Table 1 reports some software cost measures from our experiments, which we review to underline the qualities of the structured approach: fast code development, code portability, and performance portability.
Development Costs and Code Expressiveness
When restructuring the existing sequential code to parallel, most of the work is devoted to making the code modular. The amount of sequential code needed to develop the building blocks for structured parallel applications is reported in Table 1 as modularization, separate from the true parallel code. Once modularization has been accomplished, several prototypes for different parallel structures are usually developed and evaluated. The skeleton description of a parallel structure is shorter, quicker to write and far more readable than its equivalent written in MPI. As a test, starting from the same sequential modules, we developed an MPI version of C4.5. Though it exploits simpler solutions (Master-Slave, no pipelined communications) than the skeleton program, the MPI code is longer, more complex and error-prone than the structured version. On the contrary, the speed-up results showed no significant gain from the additional programming effort.
The speed-up and scale-up results of the applications we have shown are not all breakthrough, but comparable to those of similar solutions performed with unstructured parallel programming (e.g., MPI). The Partitioned Apriori is fully scalable with respect to database size, like count-distribution implementations. The C4.5 prototype behaves better than other pure task-parallel implementations.
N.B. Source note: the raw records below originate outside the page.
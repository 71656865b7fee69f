//! What is told of a log: the one line that says why none is written, which takes no memory, or the
//! lines on what it leaves out.
ghost use Rattle.std.specs.Prelude.{◌≡◌, ◌++◌, codes, map, string_bytes};
ghost use Rattle.std.specs.Prelude.{[], ◌∷◌, Some, OnOk, OnErr};
ghost use Rattle.std.specs.Io.KnownBytes.{Appends};
ghost use Rattle.pota_base.specs.Outside.{AppendsPrefix, HasCause};
ghost use Rattle.pota_base.specs.Changes.{of_sink};
ghost use Rattle.fault_line.specs.Lines.{Told, line_by};
ghost use Rattle.one_log.specs.Faults.{line_of, program, unknown_text, word_at};
ghost use Rattle.one_log.specs.LeftOut.{told_of};

use crate::fault::Fault;
use fault_line::Fault as Shared;
use pota_base::{Failed, Sink, write_all};

const USAGE: &[u8] = b"pota_log: usage: pota_log [--merged] [--vclog] [--torn] [--one-batch] \
    [--keep NAME.VARIABLE] [--keep NAME>NAME] [--keep NAME]\n";

// Writes a line that `pota` hasn't.
fn put<D: Sink>(diag: &mut D, line: &[u8])
    ensures { Told (of_sink D.Sink diag.old diag.new) line.now }
{
    let _ = write_all(diag, line);
}

// Tells of a fault that `pota` may have too, as it does.
fn put_shared<D: Sink>(diag: &mut D, fault: Shared)
    ensures { Told (of_sink D.Sink diag.old diag.new) (line_by program (Some fault)) }
{
    fault_line::tell(diag, b"pota_log", &Some(fault));
}

// The word at this place; it is empty where there is none.
fn word_at(words: &[String], place: usize) -> &[u8]
    ensures { result.now ≡ word_at (map string_bytes words.now) place }
{
    match words.get(place) {
        Some(word) => word.as_bytes(),
        None => b"",
    }
}

// Writes these pieces one behind another, as far as that succeeds.
fn put_pieces<D: Sink>(diag: &mut D, first: &[u8], word: &[u8], last: &[u8]) -> Result<(), Failed>
    ensures whole { OnOk result (Appends (D.held diag.old) (D.held diag.new)
        (first.now ++ (word.now ++ last.now))) }
    ensures part { OnErr result (AppendsPrefix (D.held diag.old) (D.held diag.new)
        (first.now ++ (word.now ++ last.now))) }
    ensures cause { HasCause (D.faults diag.old) (D.faults diag.new) result }
{
    write_all(diag, first)?;
    write_all(diag, word)?;
    write_all(diag, last)
}

// Tells of the word that names what the log does not have.
fn put_unknown<D: Sink>(diag: &mut D, word: &[u8])
    ensures { Told (of_sink D.Sink diag.old diag.new)
        (program ++ (codes ": " ++ (unknown_text word.now ++ 10 ∷ []))) }
{
    let _ = put_pieces(diag, b"pota_log: --keep ", word, b": not in the log\n");
}

// Tells why no log is written.
fn tell_fault<D: Sink>(diag: &mut D, words: &[String], fault: &Fault)
    ensures { Told (of_sink D.Sink diag.old diag.new)
        (line_of (map string_bytes words.now) (Some fault.now)) }
{
    match fault {
        Fault::Usage => put(diag, USAGE),
        Fault::Unknown { word } => put_unknown(diag, word_at(words, *word)),
        Fault::Refused(refusal) => put_shared(diag, Shared::of_refusal(*refusal)),
        Fault::TooLong => put(diag, b"pota_log: log too long\n"),
        Fault::Read => put_shared(diag, Shared::Read),
        Fault::Write => put_shared(diag, Shared::Write),
        Fault::Memory => put_shared(diag, Shared::Memory),
    }
}

/// Tells `diag` why no log is written for these words, or these lines where it is. Whether that
/// succeeds changes nothing else.
pub fn tell<D: Sink>(diag: &mut D, words: &[String], fault: &Option<Fault>, lines: &[u8])
    ensures { Told (of_sink D.Sink diag.old diag.new)
        (told_of (map string_bytes words.now) fault.now lines.now) }
{
    match fault {
        Some(fault) => tell_fault(diag, words, fault),
        None => put(diag, lines),
    }
}
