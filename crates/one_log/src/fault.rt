//! Why no log is written.
ghost use Rattle.std.specs.Prelude.{◌≡◌};
ghost use Rattle.one_log.specs.Faults.{status_of};

use fault_kinds::Refusal;

/// Why no log is written.
#[derive(Clone, Copy, Debug, PartialEq, Eq)]
pub enum Fault {
    /// The words are refused.
    Usage,
    /// The word at this place, from 0 on, stands behind a `--keep` and names what the log does not
    /// have.
    Unknown { word: usize },
    /// The input is faulty.
    Refused(Refusal),
    /// The text of the log has more than 64 MiB.
    TooLong,
    /// The input could not be read.
    Read,
    /// The log could not be written.
    Write,
    /// There was no memory.
    Memory,
}

impl Fault {
    /// The exit status: that of `pota` where it has the fault too, and 8 where it hasn't.
    pub fn status(&self) -> u8
        ensures { result ≡ status_of self.now }
    {
        match self {
            Fault::Usage => 2,
            Fault::Unknown { .. } => 2,
            Fault::Refused(_) => 4,
            Fault::Read => 5,
            Fault::Write => 6,
            Fault::Memory => 7,
            Fault::TooLong => 8,
        }
    }
}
It suffers the limits of this parallelization scheme, due to the support of external objects being incomplete. We know of no other results about spatial clustering using our approach to the parallelization of cluster expansion.
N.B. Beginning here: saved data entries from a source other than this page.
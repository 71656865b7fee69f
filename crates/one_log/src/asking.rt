//! What is asked for.
ghost use Rattle.std.specs.Prelude.{◌≡◌, map, string_bytes, IfOk};
ghost use Rattle.one_log.specs.Asking.{with_form, with_one_batch, with_torn, with_word};
ghost use Rattle.one_log.specs.Asking.{with_next, is_clocks, if_taken, flags_by, asked_by};

use kept_names::{Names, is_keep, names_kept, waits_behind};
use log_input::Form;
use pota_base::NoMemory;
use std::alloc::Global;

/// What the words without a value ask for.
#[derive(Clone, Copy, Debug, PartialEq, Eq)]
pub struct Flags {
    pub form: Form,
    /// Whether all events come in one batch.
    pub one_batch: bool,
    /// Whether the logs are those of processes that may have been killed.
    pub torn: bool,
}

/// What the words ask for.
#[derive(Debug, Drop)]
pub struct Asked {
    pub flags: Flags,
    /// What alone is kept of the log. Where nothing is named, all of it is.
    pub names: Names,
}

// Another form is asked for once at most.
fn with_form(flags: Flags, form: Form) -> Option<Flags>
    ensures { result ≡ with_form flags form }
{
    match flags.form {
        Form::OneLog => Some(Flags { form, ..flags }),
        Form::Merged | Form::Clocks => None,
    }
}

// And so is one batch.
fn with_one_batch(flags: Flags) -> Option<Flags>
    ensures { result ≡ with_one_batch flags }
{
    if flags.one_batch {
        return None;
    }
    Some(Flags {
        one_batch: true,
        ..flags
    })
}

// And so are torn logs.
fn with_torn(flags: Flags) -> Option<Flags>
    ensures { result ≡ with_torn flags }
{
    if flags.torn {
        return None;
    }
    Some(Flags {
        torn: true,
        ..flags
    })
}

// By one word more.
fn with_word(flags: Flags, word: &[u8]) -> Option<Flags>
    ensures { result ≡ with_word flags word.now }
{
    if word == b"--merged".as_slice() {
        with_form(flags, Form::Merged)
    } else if word == b"--vclog".as_slice() {
        with_form(flags, Form::Clocks)
    } else if word == b"--one-batch".as_slice() {
        with_one_batch(flags)
    } else if word == b"--torn".as_slice() {
        with_torn(flags)
    } else {
        None
    }
}

fn is_clocks(form: Form) -> bool
    ensures { result ≡ is_clocks form }
{
    match form {
        Form::Clocks => true,
        Form::OneLog | Form::Merged => false,
    }
}

// Records of two lines are never torn.
fn if_taken(flags: Flags) -> Option<Flags>
    ensures { result ≡ if_taken flags }
{
    if flags.torn && is_clocks(flags.form) {
        return None;
    }
    Some(flags)
}

// By one word more, which asks for nothing where it is `--keep` or stands behind one.
fn with_next(flags: Flags, waits: bool, word: &[u8]) -> Option<Flags>
    ensures { result ≡ with_next flags waits word.now }
{
    if waits || is_keep(word) {
        Some(flags)
    } else {
        with_word(flags, word)
    }
}

// What the words ask for without each `--keep` and the word behind it, in any order.
fn flags_by(words: &[String]) -> Option<Flags>
    ensures { result ≡ flags_by (map string_bytes words.now) }
{
    let mut flags = Flags {
        form: Form::OneLog,
        one_batch: false,
        torn: false,
    };
    let mut waits = false;
    for word in words {
        let bytes = word.as_bytes();
        match with_next(flags, waits, bytes) {
            Some(next) => flags = next,
            None => return None,
        }
        waits = waits_behind(waits, bytes);
    }
    if_taken(flags)
}

/// What the words ask for: what behind each `--keep` is named, and the others in any order.
pub fn asked_by(alloc: Global, words: &[String]) -> Result<Option<Asked>, NoMemory>
    ensures { IfOk result (λ asked. asked ≡ asked_by (map string_bytes words.now)) }
{
    let Some(flags) = flags_by(words) else {
        return Ok(None);
    };
    match names_kept(alloc, words)? {
        Some(names) => Ok(Some(Asked { flags, names })),
        None => Ok(None),
    }
}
Code and Performance Portability
Skeleton code is by definition portable over all the architectures that support the programming environment. Since the SkIE two-level parallel compiler uses standard compilation tools to build the final application, the intermediate code and the run-time support of the language can exploit all the advantages of parallel communication libraries. We can enhance the parallel support by using architecture-specific facilities when the performance gain is valuable, but as long as the intermediate code complies with industry standards the applications are portable to a broad set of architectures. The SMP and T3E tests of the ARM prototype were performed this way, with no extra development time, by compiling on the target machine the MPI and C++ code produced by SkIE. These results also show a good degree of performance portability.